Hello all, I have a 66.5 gallon aquarium that will soon be free and one fish that has caught my interest is the Fire Pike Crenicichla Sp. Atabapo. I have not really found much info on this type of pike cichlid and my concerns are max size and temperament. I have seen people mention 14'' for a size so how do they do with smaller cichlids/plecos/catfish as I do not want a solo fish in a tank again.


----------



## Mr Chromedome (Feb 12, 2013)

They are a beautiful fish, but require a very large tank and similarly sized tankmates. They are a piscivore with a big mouth and will easily get 14" in a relatively short time - and I've seen them close to 18". Smaller fish have one purpose for them - food. I wouldn't get this species if you want other fish in the tank, which is really too small for even one of these. There are smaller species of Pike Cichlids that might get along with medium to large Cichlids of other types.


----------



## mcdisgrace (Jan 17, 2014)

Thanks for the info and that is exactly why I asked first.
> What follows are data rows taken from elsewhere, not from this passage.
//! A zone's records in canonical order, and the RRsets of its answers.
#![tactic(auto)]

pub mod zone;

pub use answer_zone_records as records;
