//! The labels of a row, from both ends.

ghost use Rattle.std.specs.Prelude.{◌≡◌};
ghost use Rattle.std.specs.Iterator.{YieldsFirstBy, YieldsLastBy, item_count};
ghost use Rattle.names_wire.specs.Label.{octets_of};
ghost use Rattle.names_labels.specs.Flat.{labels_in, IsRun};

use crate::flat::{split_label, split_last_label, split_near_end};
use names_wire::label::Label;
use std::marker::Model;

/// The labels of a name over flat octets, from both ends. It takes no memory.
///
/// A label at the back is found by a walk from the left. To keep these walks short, labels near the
/// end are kept apart.
#[derive(Drop)]
pub struct NameIter<'a> {
    run: &'a [u8],
    /// The labels behind those of `run`, once a label was asked for from the back.
    near: &'a [u8],
}

/// The labels that are left.
impl<'a> Model for NameIter<'a> {
    ghost use Rattle.std.specs.Prelude.{List, ℕ, ◌++◌};
    ghost use Rattle.names_labels.specs.Flat.{labels_in, IsRun};

    ghost Value = { List (List ℕ) };

    ghost view = { λ it. labels_in it.run.now ++ labels_in it.near.now };

    ghost invariant = { λ it. IsRun it.run.now × IsRun it.near.now };
}

impl<'a> NameIter<'a> {
    /// The labels of a row.
    pub fn over(run: &'a [u8]) -> NameIter<'a>
        requires { IsRun run.now }
        ensures { result ≡ labels_in run.now }
    {
        NameIter { run, near: &[] }
    }
}

impl<'a> Iterator for NameIter<'a> {
    type Item = Label<'a>;

    ghost can_next = { λ _. Unit {0} };

    ghost next_gives = { YieldsFirstBy octets_of (λ labels. labels) };

    ghost remaining = { item_count (λ labels. labels) };

    fn next(&mut self) -> Option<Label<'a>> {
        if let Some((label, rest)) = split_label(self.run) {
            self.run = rest;
            return Some(label);
        }
        let (label, rest) = split_label(self.near)?;
        self.near = rest;
        Some(label)
    }
}

impl<'a> DoubleEndedIterator for NameIter<'a> {
    ghost next_back_gives = { YieldsLastBy octets_of (λ labels. labels) };

    fn next_back(&mut self) -> Option<Label<'a>> {
        if self.near.is_empty() {
            (self.run, self.near) = split_near_end(self.run);
        }
        let (front, label) = split_last_label(self.near)?;
        self.near = front;
        Some(label)
    }
}
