//! Whether octets are the wire form of a name.

ghost use Rattle.std.specs.Prelude.{length, IfErr, OnOk};
ghost use Rattle.names_labels.specs.Flat.{IsFlat, IsFlatRelative};
ghost use Rattle.names_labels.specs.Refused.{RefusedName};
ghost use Rattle.names_labels.specs.RefusedRelative.{RefusedRelative};

use crate::name_error::NameError;
use crate::relative_error::RelativeNameError;
use names_wire::label::Label;

/// Whether octets are the wire form of an absolute name.
pub fn check_absolute(octets: &[u8]) -> Result<(), NameError>
    ensures ok { OnOk result (IsFlat octets.now) }
    ensures refused { IfErr result (RefusedName octets.now) }
{
    if octets.len() > 255 {
        return Err(NameError::LongName);
    }
    let mut rest = octets;
    loop {
        let (label, behind) = Label::split_from(rest)?;
        if label.is_root() {
            return if behind.is_empty() {
                Ok(())
            } else {
                Err(NameError::TrailingData)
            };
        }
        if behind.is_empty() {
            return Err(NameError::RelativeName);
        }
        rest = behind;
    }
}

/// Whether octets are the labels of a relative name.
pub fn check_relative(octets: &[u8]) -> Result<(), RelativeNameError>
    ensures ok { OnOk result (IsFlatRelative octets.now) }
    ensures refused { IfErr result (RefusedRelative octets.now) }
{
    if octets.len() > 254 {
        return Err(RelativeNameError::LongName);
    }
    let mut rest = octets;
    while !rest.is_empty() {
        let (label, behind) = Label::split_from(rest)?;
        if label.is_root() {
            return Err(RelativeNameError::AbsoluteName);
        }
        rest = behind;
    }
    Ok(())
}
I have had a "belly Crawler" pike in the past so I understand how the large mouth can come into play. I would love a pike in to tank however with where I am located options are extremely limited. We have one pet store with fish and they don't really care about fish because they make all their money on other stuff. Also finding online suppliers who ship here is a bit tricky, so my options are limited. Thanks for the info and I shall move on and accept the Atabapo is not for me.


----------